Fabrizio Roncone: Quale?
Pancho Pardi: La smetta di fingere d'essere british e scendere dalle nuvole: come quale? Retequattro.
Fabrizio Roncone: Certo, Retequattro.
Pancho Pardi: C'è una sentenza della Corte di Giustizia del Lussemburgo, massimo organo europeo di giustizia, secondo la quale il regime italiano di assegnazione delle frequenze tv è contrario al diritto comunitario... ragion per cui la rete televisiva Europa 7 di Francesco Di Stefano ha diritto a trasmettere sulle frequenze dove, ogni sera, compare il faccione di Emilio Fede.
Fabrizio Roncone: Lei usa toni da barricata.
Pancho Pardi: Non li userei se questo Paese non vivesse ancora, pur senza quasi rendersene più conto, il dramma del berlusconismo...
Fabrizio Roncone: Eppure il Cavaliere sembra aver dato segnali di cambiamento, la sua campagna elettorale appare finora piuttosto contenuta, non ci sono particolari forme di...
Pancho Pardi: Ma di cosa sta parlando? Mi ascolti: l'altra cosa che dovrà fare Walter Veltroni, il giorno dopo aver vinto le elezioni, sarà di mettere mano alle leggi che, eufemisticamente, sono definite "ad personam" e che invece Berlusconi s'è fatto, diciamolo brutalmente, per non finire in galera.
Fabrizio Roncone: Professor Pardi, non esageri.
Pancho Pardi: Guardi che qui, in Italia, se c'è uno che ha esagerato, è lui: quello che voi, nei giornali, chiamate il Cavaliere. Ma Cavaliere di che? Di cosa? S'è inventato la legge sul "falso in bilancio", una vergogna assoluta. Che, come dice il mio amico Marco Travaglio, ha trasformato un reato in un titolo di merito.
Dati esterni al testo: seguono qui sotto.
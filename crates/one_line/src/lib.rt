// The search for the fewest lines, asked of a sheet of one value line. The search does not read all values of its case, so of the
// refusals of a sheet 1, 2, 4 and 3 come first, and 5 and 6 are the search's own, of what it reads.
#![tactic(auto)]

mod reading;

ghost use Rattle.one_line.specs.Answer.{SheetFewest};

use case::{NAMES, case_of};
use reading::read_one;
use refusal::Refused;
use yards::{FewestLines, fewest_lines};

pub fn fewest_of_sheet(s: &[u8], side: u32) -> Result<FewestLines, Refused>
    ensures { SheetFewest s.now side result }
{
    let mut values = [0u32; NAMES];
    read_one(s, &mut values)?;
    fewest_lines(case_of(&values), side)
}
Perchè grazie a Berlusconi, in questo Paese, chi falsifica i bilanci, non solo non viene perseguito come si fa in tutti i Paesi civili, ma addirittura passa per furbo, abile, quindi per uno da apprezzare.
Fabrizio Roncone: La sua irruzione, in questa campagna elettorale, ha toni che nemmeno un no global come Francesco Caruso...
Pancho Pardi: Vede, io le capisco le apprensioni di Veltroni. Ma non è che siccome lui deve trattare sottobanco con Berlusca, noi poi si debba star zitti...
Fabrizio Roncone: Permette una domanda politicamente scorretta?
Pancho Pardi: Certo...
Fabrizio Roncone: Non sarà, professore, che Berlusconi per voi è diventata una specie di ossessione?
Pancho Pardi: No. Non è così. E poi la colpa non è nostra, se Berlusconi è ancora lì, candidato premier.
Fabrizio Roncone: E di chi è la colpa?
Pancho Pardi: Di D'Alema, innanzitutto, che ha più volte riabilitato, a cominciare dalla penosa vicenda della Bicamerale.
Fabrizio Roncone: E poi?
Pancho Pardi: Beh, purtroppo poi è colpa proprio di Veltroni. Appena qualche mese fa, c'erano Fini e Casini che volevano sbarazzarsi del Caimano, ma lui, Veltroni, che fa? Lo sceglie come interlocutore privilegiato per riuscire a modificare la legge elettorale. Un errore grossolano, credo.
Fabrizio Roncone: Ha sentito Nanni Moretti?
Pancho Pardi: No. Ho deciso di candidarmi senza ascoltare il parere del mio caro amico Nanni. E' un problema?